### BRIEF
Nothing may be left out or changed. Print every entry.

=== Begin Enclosure ===

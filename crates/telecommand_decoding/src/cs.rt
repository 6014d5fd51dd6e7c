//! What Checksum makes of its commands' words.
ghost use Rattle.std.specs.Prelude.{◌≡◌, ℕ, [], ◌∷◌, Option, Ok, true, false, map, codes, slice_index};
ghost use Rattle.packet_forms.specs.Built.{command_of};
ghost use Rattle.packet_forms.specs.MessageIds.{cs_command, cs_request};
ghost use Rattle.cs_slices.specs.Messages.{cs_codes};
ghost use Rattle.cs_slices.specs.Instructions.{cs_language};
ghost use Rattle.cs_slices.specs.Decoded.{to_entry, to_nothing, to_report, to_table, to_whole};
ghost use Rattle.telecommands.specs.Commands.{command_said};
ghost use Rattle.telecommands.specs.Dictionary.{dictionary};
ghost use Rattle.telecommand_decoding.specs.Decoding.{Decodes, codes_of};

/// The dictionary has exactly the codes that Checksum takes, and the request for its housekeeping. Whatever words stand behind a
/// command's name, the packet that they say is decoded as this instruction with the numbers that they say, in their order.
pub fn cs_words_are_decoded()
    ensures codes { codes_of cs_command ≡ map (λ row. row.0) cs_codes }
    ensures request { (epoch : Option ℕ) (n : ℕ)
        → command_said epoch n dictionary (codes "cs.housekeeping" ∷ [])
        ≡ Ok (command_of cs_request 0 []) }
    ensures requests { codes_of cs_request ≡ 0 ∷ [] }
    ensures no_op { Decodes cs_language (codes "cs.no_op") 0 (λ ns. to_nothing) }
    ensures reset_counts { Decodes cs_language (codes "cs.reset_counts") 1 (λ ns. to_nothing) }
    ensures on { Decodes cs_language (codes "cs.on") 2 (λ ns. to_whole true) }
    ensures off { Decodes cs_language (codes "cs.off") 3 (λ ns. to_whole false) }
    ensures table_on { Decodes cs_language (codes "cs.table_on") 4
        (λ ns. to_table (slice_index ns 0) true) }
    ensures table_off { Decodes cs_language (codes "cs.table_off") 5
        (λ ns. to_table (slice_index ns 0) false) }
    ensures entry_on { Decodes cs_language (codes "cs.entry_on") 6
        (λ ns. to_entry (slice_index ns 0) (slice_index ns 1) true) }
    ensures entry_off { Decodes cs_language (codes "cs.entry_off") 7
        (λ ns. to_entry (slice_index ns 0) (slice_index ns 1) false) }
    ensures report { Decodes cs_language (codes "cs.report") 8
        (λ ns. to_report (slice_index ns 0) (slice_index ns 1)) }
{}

=== End Enclosure ===

### REPLY
filename crates/telecommand_decoding/src/cs.rt
repository 6014d5fd51dd6e7c
//! What Checksum makes of its commands' words.
ghost use Rattle.std.specs.Prelude.{◌≡◌, ℕ, [], ◌∷◌, Option, Ok, true, false, map, codes, slice_index};
ghost use Rattle.packet_forms.specs.Built.{command_of};
ghost use Rattle.packet_forms.specs.MessageIds.{cs_command, cs_request};
ghost use Rattle.cs_slices.specs.Messages.{cs_codes};
ghost use Rattle.cs_slices.specs.Instructions.{cs_language};
ghost use Rattle.cs_slices.specs.Decoded.{to_entry, to_nothing, to_report, to_table, to_whole};
ghost use Rattle.telecommands.specs.Commands.{command_said};
ghost use Rattle.telecommands.specs.Dictionary.{dictionary};
ghost use Rattle.telecommand_decoding.specs.Decoding.{Decodes, codes_of};

/// The dictionary has exactly the codes that Checksum takes, and the request for its housekeeping. Whatever words stand behind a
/// command's name, the packet that they say is decoded as this instruction with the numbers that they say, in their order.
pub fn cs_words_are_decoded()
    ensures codes { codes_of cs_command ≡ map (λ row. row.0) cs_codes }
    ensures request { (epoch : Option ℕ) (n : ℕ)
        → command_said epoch n dictionary (codes "cs.housekeeping" ∷ [])
        ≡ Ok (command_of cs_request 0 []) }
    ensures requests { codes_of cs_request ≡ 0 ∷ [] }
    ensures no_op { Decodes cs_language (codes "cs.no_op") 0 (λ ns. to_nothing) }
    ensures reset_counts { Decodes cs_language (codes "cs.reset_counts") 1 (λ ns. to_nothing) }
    ensures on { Decodes cs_language (codes "cs.on") 2 (λ ns. to_whole true) }
    ensures off { Decodes cs_language (codes "cs.off") 3 (λ ns. to_whole false) }
    ensures table_on { Decodes cs_language (codes "cs.table_on") 4
        (λ ns. to_table (slice_index ns 0) true) }
    ensures table_off { Decodes cs_language (codes "cs.table_off") 5
        (λ ns. to_table (slice_index ns 0) false) }
    ensures entry_on { Decodes cs_language (codes "cs.entry_on") 6
        (λ ns. to_entry (slice_index ns 0) (slice_index ns 1) true) }
    ensures entry_off { Decodes cs_language (codes "cs.entry_off") 7
        (λ ns. to_entry (slice_index ns 0) (slice_index ns 1) false) }
    ensures report { Decodes cs_language (codes "cs.report") 8
        (λ ns. to_report (slice_index ns 0) (slice_index ns 1)) }
{}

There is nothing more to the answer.